## [Work task]
Using the records below, count the lines containing "names" and give only the total.
##########
//! The circuit of a parsed document.

ghost use Rattle.std.specs.Prelude.{◌≡◌, ℕ, ◌+◌, ◌*◌, ◌<◌, ◌≤◌, ◌^◌, List, map, length, true, Some, None, IfOk, IfErr};
ghost use Rattle.net_theory.specs.Document.{latch_of, are_distinct, table_output};
ghost use Rattle.graph_core.specs.Visit.{order_of};
ghost use Rattle.net_theory.specs.Cost.{cost};
ghost use Rattle.net_theory.specs.Dependence.{IsFirstCyclic};
ghost use Rattle.net_theory.specs.WellFormed.{IsWellFormed};
ghost use Rattle.net_theory.specs.Circuit.{IsCircuitOf};
ghost use Rattle.net_theory.specs.CircuitLaws.{circuit_of as circuit_with};
ghost use Rattle.net_theory.specs.NetOf.{source_count, graph_of as graph_of_tables};
ghost use Rattle.net_document.specs.Listed.{IsWellListed, AreControlsFree};
ghost use Rattle.net_document.specs.Refusals.{fault_of, IsRefusedListing};
ghost use Rattle.net_build.specs.Parts.{IsCyclicError};
ghost use Rattle.net_theory.specs.Limits.{most_gates};

use crate::building::{grow, table_at};
use crate::checks::check;
use crate::signals::graph_of;
use graph_core::{Fanins, first_cyclic, visit_all};
use net_core::{Circuit, Latch, Name, Net, NetError};
use net_document::{Document, LatchLine, Listed};
use std::alloc::{AllocError, Global};

/// The output of the first table on a combinational loop; there must be no topological order.
fn cyclic_name(alloc: Global, document: &Document, graph: &[Fanins]) -> Result<Name, AllocError>
    requires few { length document.now.tables < 2 ^ 31 }
    requires distinct { are_distinct (map table_output document.now.tables) ≡ true }
    requires graph { graph.now ≡ graph_of_tables document.now.tables }
    requires none { order_of graph.now ≡ None }
    ensures { IfOk result (IsFirstCyclic document.now) }
{
    let first = first_cyclic(alloc, graph)?;
    let Some(table) = first else {
        unreachable!();
    };
    let name = table_at(document, table).output.copied()?;
    Ok(name)
}

/// The latches without their inputs.
fn latches_of(alloc: Global, lines: Vec<LatchLine>) -> Result<Vec<Latch>, AllocError>
    ensures { IfOk result (λ latches. latches.items ≡ map latch_of lines.items) }
{
    let mut latches = Vec::new(alloc);
    for line in lines {
        let LatchLine { input: _, latch } = line;
        latches.push(latch)?;
    }
    Ok(latches)
}

/// The circuit with a document's names and this net.
fn with_net(alloc: Global, document: Document, net: Net) -> Result<Circuit, AllocError>
    ensures { IfOk result (λ c. c ≡ circuit_with document net) }
{
    let Document {
        model,
        inputs,
        outputs,
        clocks,
        latches,
        tables: _,
    } = document;
    Ok(Circuit {
        model,
        inputs,
        outputs,
        clocks,
        latches: latches_of(alloc, latches)?,
        net,
    })
}

/// For each table of a document its fanins: the tables that drive its inputs.
#[tactic(auto, using(crate::proofs::Wholes::circuits))]
fn document_graph(alloc: Global, document: &Document) -> Result<Vec<Fanins>, AllocError>
    requires { length document.now.tables < 2 ^ 31 }
    ensures graph { IfOk result (λ graph. graph.items ≡ graph_of_tables document.now.tables) }
    ensures count { IfOk result (λ graph. length graph.items ≡ length document.now.tables) }
{
    graph_of(alloc, &document.tables)
}

/// The net of a document, or an error with the first table's output on a combinational loop.
fn ordered_net(alloc: Global, document: &Document) -> Result<Net, NetError>
    requires small { source_count document.now + most_gates < 2 ^ 31 }
    requires few { length document.now.tables < 2 ^ 31 }
    requires distinct { are_distinct (map table_output document.now.tables) ≡ true }
    requires ready { (order : List ℕ) → order_of (graph_of_tables document.now.tables) ≡ Some order →
        IsWellFormed document.now }
    ensures well { IfOk result (λ _. IsWellFormed document.now) }
    ensures circuit { IfOk result (λ net. IsCircuitOf document.now (circuit_with document.now net)) }
    ensures cyclic { IfErr result (IsCyclicError document.now) }
{
    let graph = document_graph(alloc, document)?;
    let found = visit_all(alloc, &graph)?;
    let Some(order) = found else {
        return Err(NetError::Cycle(cyclic_name(alloc, document, &graph)?));
    };
    let net = grow(alloc, document, &order)?;
    Ok(net)
}

/// The net of a document, or the error if the document isn't well formed or has more gates than `most`.
#[tactic(auto, using(crate::proofs::Wholes::circuits))]
fn listed_net(alloc: Global, listed: &Listed, most: u32) -> Result<Net, NetError>
    requires listed { IsWellListed listed.now }
    requires free { AreControlsFree listed.now.document }
    requires small { 2 * source_count listed.now.document + cost listed.now.document < 2 ^ 31 }
    requires few { length listed.now.document.tables < 2 ^ 31 }
    requires limit { most ≤ most_gates }
    ensures well_formed { IfOk result (λ _. IsWellFormed listed.now.document) }
    ensures circuit { IfOk result (λ net. IsCircuitOf listed.now.document (circuit_with listed.now.document net)) }
    ensures good { IfOk result (λ _. fault_of most listed.now ≡ None) }
    ensures refused { IfErr result (IsRefusedListing most listed.now) }
{
    check(alloc, listed, most)?;
    ordered_net(alloc, &listed.document)
}

/// The circuit of a document, or the first of these errors: more gates than `most`, which is at most 1,000,000, a name
/// that is driven twice, an undriven name, a combinational loop.
///
/// The order of the names in an error is that of the lists of driven and used names.
pub fn circuit_of(alloc: Global, listed: Listed, most: u32) -> Result<Circuit, NetError>
    requires listed { IsWellListed listed }
    requires free { AreControlsFree listed.document }
    requires small { 2 * source_count listed.document + cost listed.document < 2 ^ 31 }
    requires few { length listed.document.tables < 2 ^ 31 }
    requires limit { most ≤ most_gates }
    ensures well_formed { IfOk result (λ _. IsWellFormed listed.document) }
    ensures circuit { IfOk result (IsCircuitOf listed.document) }
    ensures good { IfOk result (λ _. fault_of most listed ≡ None) }
    ensures refused { IfErr result (IsRefusedListing most listed) }
{
    let net = listed_net(alloc, &listed, most)?;
    Ok(with_net(alloc, listed.document, net)?)
}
##########
## [Task output]
2